GoDaddy Data Lineage & Attribution
SDE Intern · NDA-redacted
Problem
Inside GoDaddy's marketing-data org, every campaign sits on top of a long chain of upstream tables — pulled from SFMC, MessageGears, CRMs, and a forest of internal APIs. Nobody had a clear picture of which datasets actually drove which campaigns, or how much downstream business value flowed through any given table. Teams were paying to compute and store data without good signal on what was load-bearing and what was dead weight.
Approach
I built a cross-system lineage graph by parsing campaign definitions and SQL out of SFMC, MessageGears, and the internal ad-platform APIs, normalizing them into a single dependency graph in Athena/Redshift.
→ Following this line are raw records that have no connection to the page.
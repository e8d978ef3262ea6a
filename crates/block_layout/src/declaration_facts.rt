ghost use Rattle.std.specs.Prelude.{◌≡◌, ◌<◌, List, length, get_or, IfOk, not, ◌&&◌};
ghost use Rattle.stl_ast.specs.Outline.{IsOutline};
ghost use Rattle.stl_ast.specs.declared.declarations.Declaration.{Declaration};
ghost use Rattle.plc_base.specs.Folding.{upper_case_name};
ghost use Rattle.block_layout.specs.Around.{Outside};
ghost use Rattle.block_layout.specs.declared.declaration_facts.OpenList.{OpenList};
ghost use Rattle.block_layout.specs.DeclarationFacts.{AreOpen, AreFactsOnto, open_lists_behind, facts_by_list};

use crate::declarations::{breaks_alone, deep, own_depth, uses_oversized};
use crate::types::Types;
use std::alloc::{AllocError, Global};
use stl_ast::Declaration;
use stl_symbols::NameIndex;

/// A list of declarations that is open: the names in it so far, how many structures and arrays are
/// open around it, at most 9, and whether the declarations around it break no rule.
#[derive(Drop)]
pub(crate) struct OpenList {
    pub(crate) names: NameIndex,
    pub(crate) depth: u8,
    pub(crate) sound: bool,
}

/// What is found of a declaration: its name stands before it, it opens the ninth structure or
/// array, it breaks a rule of declarations, it is sound, and how many structures and arrays are
/// open inside it, at most 9.
#[derive(Clone, Copy, Debug, PartialEq, Eq)]
pub(crate) struct DeclarationFacts {
    pub(crate) twice: bool,
    pub(crate) deep: bool,
    pub(crate) breaks: bool,
    pub(crate) sound: bool,
    pub(crate) reach: u8,
}

/// What a declaration is by the list that it goes on; `name` is its name in upper case.
#[tactic(auto, unfolding(crate::specs::DeclarationFacts::facts_by_list))]
fn facts_by_list(
    types: &Types,
    list: &OpenList,
    name: &[u8],
    declaration: &Declaration,
) -> DeclarationFacts
    requires { name.now ≡ upper_case_name declaration.now.name }
    ensures { result ≡ facts_by_list types.now list.now declaration.now }
{
    let around = list.depth as u64;
    let own = own_depth(types, declaration);
    let twice = list.names.place(name).is_some();
    let opens_ninth = around <= 8 && around + own > 8;
    let breaks = twice || breaks_alone(types, declaration) || opens_ninth;
    DeclarationFacts {
        twice,
        deep: opens_ninth,
        breaks,
        sound: !breaks && !uses_oversized(types, &declaration.of.of) && list.sound,
        reach: deep(around + own) as u8,
    }
}

/// Whether the declarations around those inside a declaration break no rule.
fn stays_sound(facts: DeclarationFacts, list: &OpenList) -> bool
    ensures { result ≡ not facts.breaks && list.now.sound }
{
    !facts.breaks && list.sound
}

/// Enters a declaration into the list that it goes on, and opens the list inside it.
#[tactic(auto, unfolding(crate::specs::DeclarationFacts::facts_by_list, crate::specs::DeclarationFacts::open_lists_behind))]
fn enter(
    alloc: Global,
    types: &Types,
    open_: &mut Vec<OpenList>,
    declaration: &Declaration,
) -> Result<DeclarationFacts, AllocError>
    requires { declaration.now.level < length open_.old.items }
    ensures facts { IfOk result (λ v. (f : OpenList)
        → v ≡ facts_by_list types.now (get_or open_.old.items declaration.now.level f)
        declaration.now) }
    ensures lists { IfOk result (λ _. (f : OpenList) → open_.new.items
        ≡ open_lists_behind types.now open_.old.items
        (get_or open_.old.items declaration.now.level f) declaration.now) }
{
    let name = declaration.name.as_bytes().to_ascii_uppercase(alloc)?;
    let level = declaration.level as usize;
    open_.truncate(level + 1);
    let mut list = open_.remove(level);
    let facts = facts_by_list(types, &list, &name, declaration);
    let sound = stays_sound(facts, &list);
    list.names.add(alloc, &name)?;
    open_.push(list)?;
    open_.push(OpenList {
        names: NameIndex::new(alloc),
        depth: facts.reach,
        sound,
    })?;
    Ok(facts)
}

/// The facts of declarations that stand one behind the other, by the lists that are open.
pub(crate) fn check_all(
    alloc: Global,
    types: &Types,
    open_: &mut Vec<OpenList>,
    declarations: &[Declaration],
) -> Result<Vec<DeclarationFacts>, AllocError>
    requires outline { IsOutline 0 declarations.now }
    requires open { 0 < length open_.old.items }
    ensures open { IfOk result (λ _. 0 < length open_.new.items) }
    ensures count { IfOk result (λ v. length v.items ≡ length declarations.now) }
    ensures facts { IfOk result (λ v. (o : Outside) (before : List Declaration)
        → AreOpen types.now o before open_.old.items
        → AreFactsOnto types.now o before declarations.now v.items open_.new.items) }
{
    let mut all_facts = Vec::with_capacity(alloc, declarations.len())?;
    for declaration in declarations {
        let facts = enter(alloc, types, open_, declaration)?;
        all_facts.push(facts)?;
    }
    Ok(all_facts)
}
On top of that I shipped a table-value attribution model: it walks the graph backward from active campaigns and assigns weighted credit to each upstream dataset based on the campaign's impact metrics. A scoring formula for "value per GB / compute-hour" let storage and warehouse cost be reasoned about against actual business contribution. Separately, I built an MCP server powering an internal data-hydration tool so non-technical ops could define and schedule validated hydration jobs against the same data assets — closing the loop between "what's worth maintaining" and "who needs to keep it fresh."
Outcome
The system produced hundreds of thousands of campaign→table mappings and is now used to guide data-maintenance, deprecation, and cost/retention decisions across the org. Specific figures and internal architecture stay redacted.